Голос у нее был испуганный, но в нем было то внутреннее дрожание, которое свидетельствует о силе, но не о слабости.
– Вот поужинаем, а потом арестую, — пообещал Штирлиц и нажал на акселератор. — И ведите себя в клубе так, будто спали со мной. Добродетель вызывает подозрение: наши развратники рядятся в тогу добропорядочных отцов семейств, но верят только тем, кто спит с чужими женщинами.
– Слушайте, Бользен, зачем вы так играете со мной?
– Я ни с кем, никогда, ни при каких обстоятельствах не играю, Магда, ибо игра стала моей жизнью. Просто играть невыгодно — разрушает память, ибо игра предполагает ложь, и надо всю эту вынужденную ложь держать в голове, чтобы не сесть ненароком в лужу. И вам, между прочим, не советую играть — я старше вас лет на пятнадцать, нет?
– Мне двадцать восемь.
– На тринадцать, значит... А прошу я вас побыть со мной, потому что мне очень сейчас плохо и я могу ненароком сорваться. Понятно?
– Понятно. — Магда убавила громкость в радиоприемнике. — Только вы нарушаете все правила.
– Хватит об этом.

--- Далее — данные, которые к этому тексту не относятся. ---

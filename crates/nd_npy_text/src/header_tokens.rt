//! Reading the tokens of a head from the front of the bytes. An error is how many bytes are left at the place that
//! can't be read, and what is wrong there.

ghost use Rattle.std.specs.Prelude.{◌≡◌, ◌+◌, ◌-◌, ◌*◌, ◌<◌, ◌^◌, SomeIff, IsTrue};
ghost use Rattle.std.specs.Result.{result_map_both};
ghost use Rattle.nd_npy_text.specs.HeaderTokens.{after_spaces, after_text, after_mark, npy_takes_digit, npy_digits_after, npy_number_here, truth_here};

use crate::errors::HeaderFlaw;

/// Returns what follows the spaces at the front.
pub(crate) fn after_spaces(text: &[u8]) -> &[u8]
    ensures { result.now ≡ after_spaces text.now }
{
    let mut rest = text;
    while let [byte, after @ ..] = rest {
        if *byte != b' ' {
            return rest;
        }
        rest = after;
    }
    rest
}

/// Returns what follows `literal` at the front of `text`, or `flaw` at the first byte that differs from it, or at the
/// end if `text` ends before the literal does.
pub(crate) fn after_text<'a>(
    flaw: HeaderFlaw,
    literal: &[u8],
    text: &'a [u8],
) -> Result<&'a [u8], (usize, HeaderFlaw)>
    ensures { result_map_both (λ x. x.now) (λ stop. stop) result ≡ after_text flaw literal.now text.now }
{
    let mut wanted = literal;
    let mut rest = text;
    while let [byte, others @ ..] = wanted {
        match rest {
            [first, after @ ..] if *first == *byte => {
                wanted = others;
                rest = after;
            }
            _ => return Err((rest.len(), flaw)),
        }
    }
    Ok(rest)
}

/// Returns what follows the byte `mark` at the front of `text`, where spaces may stand before it.
#[tactic(auto, unfolding(crate::specs::HeaderTokens::after_mark))]
pub(crate) fn after_mark(
    flaw: HeaderFlaw,
    mark: u8,
    text: &[u8],
) -> Result<&[u8], (usize, HeaderFlaw)>
    ensures { result_map_both (λ x. x.now) (λ stop. stop) result ≡ after_mark flaw mark text.now }
{
    let literal = [mark];
    after_text(flaw, &literal, after_spaces(text))
}

/// Returns `number` followed by the digit `byte`, if that byte is a digit and the result is at most `isize::MAX`.
fn with_digit(number: usize, byte: u8) -> Option<usize>
    ensures { SomeIff result (IsTrue (npy_takes_digit number byte)) (number * 10 + (byte - 48)) }
{
    if !byte.is_ascii_digit() {
        return None;
    }
    let more = number as u128 * 10 + (byte - b'0') as u128;
    if more > LIMIT {
        return None;
    }
    Some(more as usize)
}

/// The largest number that is read: `isize::MAX`.
const LIMIT: u128 = isize::MAX as u128;

/// Returns the number that is written as the digits of `first` and then those at the front of `text`, and what follows
/// the last digit. Fails with `flaw` at the digit that makes the number pass `isize::MAX`.
fn digits_after(
    flaw: HeaderFlaw,
    first: usize,
    text: &[u8],
) -> Result<(usize, &[u8]), (usize, HeaderFlaw)>
    ensures { result_map_both (λ x. (x.0, x.1.now)) (λ stop. stop) result ≡ npy_digits_after flaw first text.now }
{
    let mut number = first;
    let mut rest = text;
    while let [byte, after @ ..] = rest {
        if !byte.is_ascii_digit() {
            return Ok((number, rest));
        }
        match with_digit(number, *byte) {
            Some(more) => number = more,
            None => return Err((rest.len(), flaw)),
        }
        rest = after;
    }
    Ok((number, rest))
}

/// Returns the number at the front of `text`, of at least one digit and at most `isize::MAX`, and what follows it.
pub(crate) fn number_here(
    flaw: HeaderFlaw,
    text: &[u8],
) -> Result<(usize, &[u8]), (usize, HeaderFlaw)>
    ensures { result_map_both (λ x. (x.0, x.1.now)) (λ stop. stop) result ≡ npy_number_here flaw text.now }
{
    match text {
        [byte, after @ ..] if byte.is_ascii_digit() => {
            digits_after(flaw, (*byte - b'0') as usize, after)
        }
        _ => Err((text.len(), flaw)),
    }
}

/// Returns whether `True` or `False` stands at the front of `text`, and what follows it.
#[tactic(auto, unfolding(crate::specs::HeaderTokens::truth_here))]
pub(crate) fn truth_here(text: &[u8]) -> Result<(bool, &[u8]), (usize, HeaderFlaw)>
    ensures { result_map_both (λ x. (x.0, x.1.now)) (λ stop. stop) result ≡ truth_here text.now }
{
    match text {
        [b'F', ..] => match after_text(HeaderFlaw::Truth, b"False", text) {
            Ok(rest) => Ok((false, rest)),
            Err(stop) => Err(stop),
        },
        _ => match after_text(HeaderFlaw::Truth, b"True", text) {
            Ok(rest) => Ok((true, rest)),
            Err(stop) => Err(stop),
        },
    }
}
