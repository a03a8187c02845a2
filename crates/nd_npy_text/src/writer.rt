//! Writing a head.

ghost use Rattle.std.specs.Prelude.{◌≡◌, ◌≤◌, ◌<◌, ◌+◌, ◌^◌, ◌++◌, length, IfOk, OnOk};
ghost use Rattle.std.specs.Fmt.{decimal};
ghost use Rattle.std.specs.List.{flat_map};
ghost use Rattle.nd_npy_text.specs.HeaderDescription.{described};
ghost use Rattle.nd_npy_text.specs.HeaderWriting.{order_text, next_length, tuple_end, tuple_text, dict_text, growth_room, spaces, padded, roomy_text, with_front, npy_header_text};

use crate::item_type::ItemType;
use itoa::Buffer;
use std::alloc::{AllocError, Global};

/// Puts a text after the bytes.
fn put(bytes: &mut Vec<u8>, text: &[u8]) -> Result<(), AllocError>
    ensures { OnOk result (bytes.new.items ≡ bytes.old.items ++ text.now) }
{
    bytes.extend_from_slice(text)
}

/// Puts texts after the bytes, one after another.
fn put_all(bytes: &mut Vec<u8>, texts: &[&[u8]]) -> Result<(), AllocError>
    ensures { OnOk result (bytes.new.items ≡ bytes.old.items ++ flat_map (λ text. text.now) texts.now) }
{
    for text in texts {
        put(bytes, text)?;
    }
    Ok(())
}

/// Puts a text after the bytes, and a number after this text.
fn put_with_number(bytes: &mut Vec<u8>, text: &[u8], number: usize) -> Result<(), AllocError>
    ensures { OnOk result (bytes.new.items ≡ bytes.old.items ++ (text.now ++ decimal number)) }
{
    put_all(bytes, &[text, Buffer::new().format(number).as_bytes()])
}

/// Puts lengths after the bytes, each with a comma and a space in front of it.
fn put_next_lengths(bytes: &mut Vec<u8>, lengths: &[usize]) -> Result<(), AllocError>
    ensures { OnOk result (bytes.new.items ≡ bytes.old.items ++ flat_map next_length lengths.now) }
{
    for length in lengths {
        put_with_number(bytes, b", ", *length)?;
    }
    Ok(())
}

/// Returns what ends a shape after its first length and these others: with a comma if there are no others.
fn shape_end(others: &[usize]) -> &'static [u8]
    ensures { result.now ≡ tuple_end others.now }
{
    match others {
        [] => b",)",
        _ => b")",
    }
}

/// Puts a shape after the bytes, as Python writes it: its lengths in parentheses, with a comma after the length if there is
/// only one.
///
/// # Errors
///
/// Fails with `AllocError` if memory for the bytes is refused. A part of the shape may then stand after the bytes.
pub fn put_shape(bytes: &mut Vec<u8>, shape: &[usize]) -> Result<(), AllocError>
    ensures { OnOk result (bytes.new.items ≡ bytes.old.items ++ tuple_text shape.now) }
{
    match shape {
        [] => put(bytes, b"()"),
        [first, others @ ..] => {
            put_with_number(bytes, b"(", *first)?;
            put_next_lengths(bytes, others)?;
            put(bytes, shape_end(others))
        }
    }
}

/// Returns what stands in a dict between the item type and the shape: the order as Python writes it, and the keys of
/// order and shape.
fn order_text(fortran_order: bool) -> &'static [u8]
    ensures { result.now ≡ order_text fortran_order }
{
    if fortran_order {
        b"', 'fortran_order': True, 'shape': "
    } else {
        b"', 'fortran_order': False, 'shape': "
    }
}

/// Puts a dict after the bytes.
fn put_dict(
    bytes: &mut Vec<u8>,
    item_type: ItemType,
    fortran_order: bool,
    shape: &[usize],
) -> Result<(), AllocError>
    ensures { OnOk result (bytes.new.items ≡ bytes.old.items ++ dict_text (described item_type fortran_order shape.now)) }
{
    let mark = [item_type.order.mark()];
    let front: [&[u8]; 4] = [
        b"{'descr': '",
        &mark,
        item_type.kind.code(),
        order_text(fortran_order),
    ];
    put_all(bytes, &front)?;
    put_shape(bytes, shape)?;
    put(bytes, b", }")
}

/// Returns how many decimal digits a number has.
fn digit_count(number: usize) -> usize
    ensures { result ≡ length (decimal number) }
{
    Buffer::new().format(number).len()
}

/// Returns how many spaces leave room for the length of the growing axis to have 21 digits; none if there is no axis.
fn growth_room(fortran_order: bool, shape: &[usize]) -> usize
    ensures { result ≡ growth_room fortran_order shape.now }
{
    if shape.is_empty() {
        return 0;
    }
    let axis = if fortran_order { shape.len() - 1 } else { 0 };
    DIGITS.saturating_sub(digit_count(shape[axis]))
}

/// The number of digits for which the length of the growing axis has room.
const DIGITS: usize = 21;

/// Puts spaces and a line feed after the text of a dict, which begins at byte 10 of the file: `room` spaces, and after
/// them as many as let the head end at a multiple of 64.
fn pad(text: &mut Vec<u8>, room: usize) -> Result<(), AllocError>
    requires { length text.old.items + room ≤ 800 }
    ensures text { OnOk result (text.new.items ≡ padded (text.old.items ++ spaces room)) }
    ensures short { OnOk result (length text.new.items < 2 ^ 16) }
{
    let size = text.len() + room;
    let end = size + ALIGNMENT - (FRONT_LEN + 1 + size) % ALIGNMENT;
    text.resize(end, b' ')?;
    put(text, b"\n")
}

/// The elements begin at a multiple of this number of bytes.
const ALIGNMENT: usize = 64;

/// How many bytes stand in front of the dict.
const FRONT_LEN: usize = 10;

/// Returns the dict, with the spaces and the line feed that end the head.
fn padded_text(
    alloc: Global,
    item_type: ItemType,
    fortran_order: bool,
    shape: &[usize],
) -> Result<Vec<u8>, AllocError>
    requires { length shape.now ≤ 32 }
    ensures text { IfOk result (λ v. v.items ≡ padded (roomy_text (described item_type fortran_order shape.now))) }
    ensures short { IfOk result (λ v. length v.items < 2 ^ 16) }
{
    let mut text = Vec::new(alloc);
    put_dict(&mut text, item_type, fortran_order, shape)?;
    pad(&mut text, growth_room(fortran_order, shape))?;
    Ok(text)
}

/// Returns the magic bytes, the version 1.0, the length of the text in two bytes, and the text.
fn with_front(alloc: Global, text: &[u8]) -> Result<Vec<u8>, AllocError>
    requires { length text.now < 2 ^ 16 }
    ensures { IfOk result (λ v. v.items ≡ with_front text.now) }
{
    let size = text.len();
    let front = [
        0x93,
        b'N',
        b'U',
        b'M',
        b'P',
        b'Y',
        1,
        0,
        (size % 256) as u8,
        (size / 256) as u8,
    ];
    let mut bytes = Vec::new(alloc);
    put_all(&mut bytes, &[&front, text])?;
    Ok(bytes)
}

/// Returns the head of an array with elements of this type, in this order, and with this shape, as numpy 1.24 writes
/// it. The shape must have at most 32 axes; the head then takes less than 1,024 bytes, so the version is 1.0.
///
/// # Errors
///
/// Fails with `AllocError` if memory for the bytes is refused.
#[tactic(auto, unfolding(crate::specs::HeaderWriting::npy_header_text))]
pub fn header_bytes(
    alloc: Global,
    item_type: ItemType,
    fortran_order: bool,
    shape: &[usize],
) -> Result<Vec<u8>, AllocError>
    requires axes { length shape.now ≤ 32 }
    ensures written { IfOk result (λ v. v.items ≡ npy_header_text (described item_type fortran_order shape.now)) }
{
    let text = padded_text(alloc, item_type, fortran_order, shape)?;
    with_front(alloc, text.as_slice())
}
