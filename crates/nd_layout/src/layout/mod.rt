//! Where the elements of an array lie: an offset, lengths and strides.

ghost use Rattle.std.specs.Prelude.{◌↔◌, ◌≡◌, ◌<◌, ◌^◌, ⊤, ℕ, List, length, pos, IsNone, IsTrue};
ghost use Rattle.nd_shape_and_slice.specs.ShapesAndIndexOrders.{in_box, size_of, nonzero_product, HasCheckedSize};
ghost use Rattle.nd_shape_and_slice.specs.PlacesAndOverlaps.{place_of, span_of};
ghost use Rattle.nd_layout.specs.GivenStrides.{ordered_strides};
ghost use Rattle.nd_layout.specs.ValidMemoryPlaces.{is_place, IsPlaceOf, IsFirstPlace};
ghost use Rattle.nd_layout.specs.ValidLayoutsAndSteps.{IsValid};

mod axes_inserted_or_removed;
mod broadcast;
mod diagonal;
pub mod given_strides;
pub mod invert_split_and_permute_axes;
pub mod merge_axes;
pub(crate) mod place_at;
mod slices;
mod squeeze;

use given_strides::strides_in;
use nd_shape_and_slice::{Dimension, Order, StrideList, is_empty_shape};
use place_at::{is_in_box, place_at};
use std::alloc::AllocError;

/// A layout of elements: an offset, a shape, and for each axis a stride, which may be negative. There are as many
/// strides as axes; the product of the lengths other than 0 is at most `isize::MAX`; no two places lie further apart
/// than `isize::MAX`; each index of the shape has a place.
pub struct Layout<D: Dimension, T: StrideList> {
    pub offset: usize,
    pub dim: D,
    pub strides: T,
    ghost as_many: { length (T.strides_of strides) ≡ length (D.lengths dim) },
    ghost spread: { span_of (D.lengths dim) (T.strides_of strides) < 2 ^ 63 },
    ghost checked: { nonzero_product (D.lengths dim) < 2 ^ 63 },
    ghost reach: { (i : List ℕ) → IsTrue (in_box (D.lengths dim) i) → IsTrue (is_place (place_of offset (T.strides_of strides) i)) },
}

impl<D: Dimension, T: StrideList> Clone for Layout<D, T> {
    ghost is_clone = { λ layout copy. copy ≡ layout };

    ghost is_infallible = { λ _. ⊤ };

    fn clone(&self) -> Result<Self, AllocError> {
        Ok(Layout {
            offset: self.offset,
            dim: self.dim,
            strides: self.strides,
        })
    }
}

impl<D: Dimension, T: StrideList> Copy for Layout<D, T> {}

impl<D: Dimension> Layout<D, D::Strides> {
    /// Returns the layout of a new array: its elements lie one after another in row-major or column-major order, from
    /// place 0 on.
    pub fn in_order(dim: D, order: Order) -> Self
        requires { HasCheckedSize (D.lengths dim) }
        ensures offset { result.offset ≡ 0 }
        ensures lengths { D.lengths result.dim ≡ D.lengths dim }
        ensures strides { D.Strides.strides_of result.strides ≡ ordered_strides order (D.lengths dim) }
    {
        let strides = strides_in(&dim, order);
        Layout {
            offset: 0,
            dim,
            strides,
        }
    }

    /// Returns the layout with the offset, shape and strides that are given.
    pub fn strided(offset: usize, dim: D, strides: D::Strides) -> Self
        requires valid { IsValid offset (D.lengths dim) (D.Strides.strides_of strides) }
        ensures offset { result.offset ≡ offset }
        ensures lengths { D.lengths result.dim ≡ D.lengths dim }
        ensures strides { D.Strides.strides_of result.strides ≡ D.Strides.strides_of strides }
    {
        Layout {
            offset,
            dim,
            strides,
        }
    }
}

impl<D: Dimension, T: StrideList> Layout<D, T> {
    /// Returns a copy of the layout.
    #[inline]
    pub fn copied(&self) -> Self
        ensures offset { result.offset ≡ self.now.offset }
        ensures lengths { D.lengths result.dim ≡ D.lengths self.now.dim }
        ensures strides { T.strides_of result.strides ≡ T.strides_of self.now.strides }
    {
        Layout {
            offset: self.offset,
            dim: self.dim,
            strides: self.strides,
        }
    }

    /// Returns the place of `index`, or `None` exactly if it isn't an index of the shape.
    pub fn place_of(&self, index: &[usize]) -> Option<usize>
        ensures { IsPlaceOf self.now.offset (D.lengths self.now.dim) (T.strides_of self.now.strides) index.now result }
    {
        let lengths = self.dim.slice();
        if is_in_box(lengths, index) {
            Some(place_at(self.offset, lengths, self.strides.slice(), index))
        } else {
            None
        }
    }

    /// Returns the place of the index whose coordinates are all 0, or `None` exactly if the layout has no index.
    #[tactic(auto, using(crate::proofs::FirstPlace::first_is_offset, crate::proofs::FirstPlace::first_outside, crate::proofs::FirstPlace::first_inside))]
    pub fn first_place(&self) -> Option<usize>
        ensures place { IsFirstPlace self.now.offset (D.lengths self.now.dim) (T.strides_of self.now.strides) result }
        ensures none { IsNone result ↔ (size_of (D.lengths self.now.dim) ≡ 0) }
    {
        if is_empty_shape(self.dim.slice()) {
            None
        } else {
            Some(self.offset)
        }
    }

    /// Returns the place of `index`, which must be an index of the shape.
    pub fn place_in_box(&self, index: &[usize]) -> usize
        requires { IsTrue (in_box (D.lengths self.now.dim) index.now) }
        ensures { pos result ≡ place_of self.now.offset (T.strides_of self.now.strides) index.now }
    {
        place_at(self.offset, self.dim.slice(), self.strides.slice(), index)
    }
}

Умеете массировать?
– Что?! — снова испугалась женщина.
– Массировать, спрашиваю, умеете?
– Это легче, чем делать мою работу.
– Тогда помассируйте-ка мне затылок и шею — давление скачет.
Давление у него было нормальное, но сейчас, в эти дни, ему нужно было прикосновение друга — это так важно, когда в часы высших тревог, в минуты отчаяния и безнадежности кто-то, сидящий рядом с тобой, не ожидая просьбы, прикоснется пальцами к затылку, положит ладонь на шею, и ты почувствуешь чужое тепло, которое постепенно будет становиться твоим, и чувство обреченного одиночества уйдет, и станет пронзительно-горько, но ты уже сможешь понимать окружающее, а если ты смог понять, а не наталкиваться взглядом на безликое, серое, окружающее тебя, тогда можно заставить себя думать. А в самые тяжелые минуты человек всегда думает о том, как поступить.
«Господи, — испугался Штирлиц, — неужели ласка женщины нужна мне лишь как стимул к поступку? Неужели то прекрасное, обычное, человеческое, спокойное, нежное совсем ушло из меня? Неужели годы работы подчинили профессии все мое существо?»
Тепло женской ладони вошло в него, и он сбросил ногу с педали акселератора, потому что сразу же, словно получив команду, закрылись глаза. Он потер лицо рукой, жестко и больно. Это было только мгновение, когда он закрыл глаза. Улыбнувшись Магде, Штирлиц сказал:
– Вам бы сестрой милосердия, а не учительницей...
Лицо женщины стало иным сейчас — оно смягчилось, мелкие морщинки вокруг глаз-угольков разгладились, и ямочки на щеках не исчезли, как прежде, когда она слушала его внимательно, не поворачивая головы, а глядя прямо перед собой, как глядит красивая женщина, словно отталкивая людские взгляды, утверждая собственную принадлежность самой себе, свою от толпы свободу и — поэтому — право принадлежать тому, кому она принадлежать захочет.